The validation gap is the difference between validation error and training error.

For losses:

$$ \text{gap} = L_{\text{val}} - L_{\text{train}}. $$

For accuracy:

$$ \text{gap} = \text{Acc}{\text{train}} - \text{Acc}{\text{val}}. $$

A small gap with poor performance suggests underfitting. A large gap suggests overfitting.

In PyTorch-style training logs:

epoch 1: train_loss=1.95 val_loss=1.92
epoch 2: train_loss=1.70 val_loss=1.69
epoch 3: train_loss=1.55 val_loss=1.58

This looks like reasonable learning.

epoch 1: train_loss=1.30 val_loss=1.65
epoch 2: train_loss=0.72 val_loss=1.80
epoch 3: train_loss=0.25 val_loss=2.10

This suggests overfitting.

Irreducible Error

Some error remains even with the best possible model.

Sources include:

Source Example
Measurement noise Sensor error
Label ambiguity Multiple valid labels
Hidden variables Missing causal factors
Randomness Truly stochastic outcomes
Human disagreement Different annotators choose different labels

If two expert annotators disagree on a medical image, the model may have no single target that is always correct.

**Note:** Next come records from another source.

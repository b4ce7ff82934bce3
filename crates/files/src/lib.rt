// The parameter file: its check with any host, and its definitions and goal.
#![tactic(auto)]

pub mod check;
pub mod contents;
pub mod laws;
mod scope;
mod small;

Irreducible error sets a ceiling on performance. The right response may be better data collection, better labels, or probabilistic prediction rather than a larger model.

Practical Checklist

When performance is poor, inspect the training and validation metrics.

Observation Likely action
Training loss high Increase capacity, train longer, tune optimizer
Training and validation both poor Reduce bias
Training good, validation poor Reduce variance
Validation unstable Use more data, stratified split, repeated runs
Test worse than validation Check test shift or validation overuse
All metrics poor despite large model Inspect labels, preprocessing, objective

Bias and variance are diagnostic tools. They do not replace error analysis, but they give a useful first map of the problem.

Summary

Bias is error from overly restrictive assumptions. Variance is error from excessive sensitivity to the training set.

High bias leads to underfitting. High variance leads to overfitting. Model capacity, data size, regularization, optimization, and architecture all affect the balance.

In deep learning, the classical tradeoff is modified by overparameterization, large datasets, and implicit regularization. The practical method remains the same: compare training and validation behavior, identify the dominant failure mode, and change the model or data accordingly.